Local man turns life around and becomes a filmmaker to inspire others

Drugs, violence and jail were all part of El Sawyer's life while he was still a teen and when he was sentenced to Graterford Prison it could've been the end. But when our Bill Anderson spoke to the now filmmaker he said that his experiences and his learned storytelling skills changed his life and now he's trying to help others. For Goodness Sake.

"I was arrested about 30 times up until that point, I had failed school 3 times, I couldn't read," he told FOX 29.

El Sawyer's younger years started in North Philadelphia with drugs violence and eventually an 8 year prison sentence when he was 17.

"Went away and when I came back I was home for not even 6 months or so and then I shot somebody," he said.

An 8 year sentence hit El hard for possibly the first time he realized that his environment and his reality were seen very differently by others.

"This individual who robbed me and in the process of robbing me I shot him," he explained. "To me and my peers in my world that made all the sense in the world. To the Prosecutor I was the worst thing in the world.

Through volunteering and classes he found filmmaking while incarcerated. When he was released The Media In Neighborhood Group and movie The Pull Of Gravity have helped tell a story they feel society needs to hear.

Now years later, the team at MING continues to work on social change projects. Pull Of Gravity had such an impact that El was invited to speak with President Obama about ways to address recidivism and consults prisons on what the inmates face upon release.

"Ignorance is allergic to exposure.
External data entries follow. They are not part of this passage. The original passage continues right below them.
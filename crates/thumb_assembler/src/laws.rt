//! What is proved of images. Each law is the contract of a function that does nothing.

ghost use Rattle.thumb_assembler.specs.Promises.{ImagesFollow, ImagesFollowGiven, RunsAreDetermined};
ghost use Rattle.thumb_assembler.specs.Sizes.{SizesAreWidths};

/// From a code label's address, an image's run reaches the events, memory and unread answers of its listing's run, as long as that isn't lost (`IsLost`).
pub fn images_follow_listings()
    ensures { ImagesFollow }
{}

/// The same for the listing that the image's listing was rewritten from.
pub fn images_follow_given_listings()
    ensures { ImagesFollowGiven }
{}

/// After a given number of steps from a state, an image's run is in exactly one state.
pub fn image_runs_are_determined()
    ensures { RunsAreDetermined }
{}

/// The layout gives an instruction as many bytes as its encoding has.
pub fn sizes_are_widths()
    ensures { SizesAreWidths }
{}
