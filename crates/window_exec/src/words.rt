//! What the computation of an instruction needs of words: those of one state, or of several side by side.
ghost use Rattle.std.specs.Prelude.{◌≡◌, ℕ, Bool, false, ◌<◌, ◌≤◌, ◌-◌, ◌*◌, ◌/◌, ◌%◌, ◌^◌, bit_and, bit_or, bit_xor};
ghost use Rattle.word_bits.specs.declared.Sum.{Sum as WordSum};
ghost use Rattle.word_bits.specs.declared.Shift.TheVariants as kinds;
ghost use Rattle.word_bits.specs.Word.{sum_of, shift_of, sign_extended, reversed, reversed_halves, reversed_signed};

use word_bits::Shift;

/// A word of each of some states, and the operations on it. The states are numbered from 0 on, cyclically: after the last the first comes again, so that
/// each number is a state's.
pub trait Word: Copy {
    /// A flag of each state.
    type Flag: Copy;

    /// What AddWithCarry gives in each state.
    type Sum: Copy;

    /// The value and the carry out of a shift in each state.
    type Moved: Copy;

    // the word, the flag, the sum and the shift of a state
    ghost number: { Self → ℕ → ℕ };

    ghost is_set: { Self.Flag → ℕ → Bool };

    ghost sum_in: { Self.Sum → ℕ → WordSum };

    ghost moved_in: { Self.Moved → ℕ → ℕ × Bool };

    /// One word in all states.
    fn same(word: u32) -> Self
        ensures { (i : ℕ) → number result i ≡ word };

    /// One flag in all states.
    fn flag(set: bool) -> Self::Flag
        ensures { (i : ℕ) → is_set result i ≡ set };

    fn not(self) -> Self
        ensures { (i : ℕ) → number result i ≡ 2 ^ 32 - 1 - number self i };

    fn and(self, other: Self) -> Self
        ensures { (i : ℕ) → number result i ≡ bit_and (number self i) (number other i) };

    fn or(self, other: Self) -> Self
        ensures { (i : ℕ) → number result i ≡ bit_or (number self i) (number other i) };

    fn xor(self, other: Self) -> Self
        ensures { (i : ℕ) → number result i ≡ bit_xor (number self i) (number other i) };

    fn multiplied(self, other: Self) -> Self
        ensures { (i : ℕ) → number result i ≡ number self i * number other i % 2 ^ 32 };

    /// The low byte.
    fn low_byte(self) -> Self
        ensures { (i : ℕ) → number result i ≡ number self i % 256 };

    /// The low halfword.
    fn low_half(self) -> Self
        ensures { (i : ℕ) → number result i ≡ number self i % 65536 };

    /// The word with its two low bits cleared.
    fn aligned(self) -> Self
        ensures { (i : ℕ) → number result i ≡ number self i / 4 * 4 };

    /// AddWithCarry(self, other, carry)
    fn add_with_carry(self, other: Self, carry: Self::Flag) -> Self::Sum
        ensures { (i : ℕ) → sum_in result i ≡ sum_of (number self i) (number other i) (is_set carry i) };

    /// The low 32 bits of a sum.
    fn sum_value(sum: Self::Sum) -> Self
        ensures { (i : ℕ) → number result i ≡ (sum_in sum i).value };

    /// LSL_C by one amount, from 1 to 32.
    fn lsl(self, amount: u32) -> Self::Moved
        requires some { 1 ≤ amount }
        requires most { amount ≤ 32 }
        ensures { (i : ℕ) → moved_in result i ≡ shift_of kinds.Lsl (number self i) amount false };

    /// LSR_C by one amount, from 1 to 32.
    fn lsr(self, amount: u32) -> Self::Moved
        requires some { 1 ≤ amount }
        requires most { amount ≤ 32 }
        ensures { (i : ℕ) → moved_in result i ≡ shift_of kinds.Lsr (number self i) amount false };

    /// ASR_C by one amount, from 1 to 32.
    fn asr(self, amount: u32) -> Self::Moved
        requires some { 1 ≤ amount }
        requires most { amount ≤ 32 }
        ensures { (i : ℕ) → moved_in result i ≡ shift_of kinds.Asr (number self i) amount false };

    /// LSL_C, LSR_C, ASR_C or ROR_C by the amount of each state.
    fn shift(self, kind: Shift, amount: Self, carry: Self::Flag) -> Self::Moved
        ensures { (i : ℕ) → moved_in result i ≡ shift_of kind (number self i) (number amount i) (is_set carry i) };

    /// The value of a shift.
    fn moved_value(moved: Self::Moved) -> Self
        ensures { (i : ℕ) → number result i ≡ (moved_in moved i).0 };

    /// The low bits, from 1 to 31 of them, as a signed number.
    fn sign_extend(self, bits: u32) -> Self
        requires some { 1 ≤ bits }
        requires within { bits < 32 }
        ensures { (i : ℕ) → number result i ≡ sign_extended (number self i) bits };

    fn rev(self) -> Self
        ensures { (i : ℕ) → number result i ≡ reversed (number self i) };

    fn rev16(self) -> Self
        ensures { (i : ℕ) → number result i ≡ reversed_halves (number self i) };

    fn revsh(self) -> Self
        ensures { (i : ℕ) → number result i ≡ reversed_signed (number self i) };
}
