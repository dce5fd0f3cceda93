//! Why a listing has no image. Branches and loads reach once the layout exists, so an address is missing, or a set address lies inside the image.
use std::alloc::AllocError;
use thiserror::Error;

/// Why a listing has no image.
#[derive(Clone, Copy, Debug, PartialEq, Eq, Error)]
pub enum ImageError {
    /// A line mentions in `b`, `bl` or `.word` a name that no label has and no line sets. It is the first line with an error, counted from 1.
    #[error("line {0}: a name has no address")]
    NoAddress(u32),
    /// A line sets an address that lies in the image, from the base up to but not including the end. It is the first line with an error, counted from 1.
    #[error("line {0}: the address lies in the image")]
    Inside(u32),
    /// Memory ran out.
    #[error("out of memory")]
    Memory,
}

/// Why a line has no bytes.
#[derive(Clone, Copy, Debug, PartialEq, Eq)]
pub(crate) enum Flaw {
    /// It mentions a name that has no address.
    NoAddress,
    /// It sets an address that lies in the image.
    Inside,
    /// Memory ran out.
    Memory,
}

impl From<AllocError> for Flaw {
    ghost use Rattle.std.specs.Prelude.{◌≡◌};
    ghost use Rattle.thumb_assembler.specs.declared.errors.Flaw.TheVariants.{Memory};

    ghost from_gives = { λ _ e. e ≡ Memory };

    fn from(_: AllocError) -> Flaw {
        Flaw::Memory
    }
}

impl Flaw {
    ghost use Rattle.thumb_assembler.specs.Pushes.{told_at};
    ghost use Rattle.std.specs.Prelude.{◌≡◌};

    /// The error that reports this flaw of the line with this number.
    pub(crate) fn at(self, line: u32) -> ImageError
        ensures { result ≡ told_at self line }
    {
        match self {
            Flaw::NoAddress => ImageError::NoAddress(line),
            Flaw::Inside => ImageError::Inside(line),
            Flaw::Memory => ImageError::Memory,
        }
    }
}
So pull of gravity is that, its taking away the fact that people can say I don't know anymore."

And although their primary focus is sharing stories to promote social change, the team at MING isn't just talking about it, they're trying to do their part.

To be clear. El doesn't make excuses for his or others behavior, what he does do is ask us to understand that poverty, drugs, lack of education are major influences in most of the areas of highest crime and if we know that

"If we've isolated and identified and named our issues, what's so hard about fixing them?"

A question for our leadership and each of us, For Goodness Sake.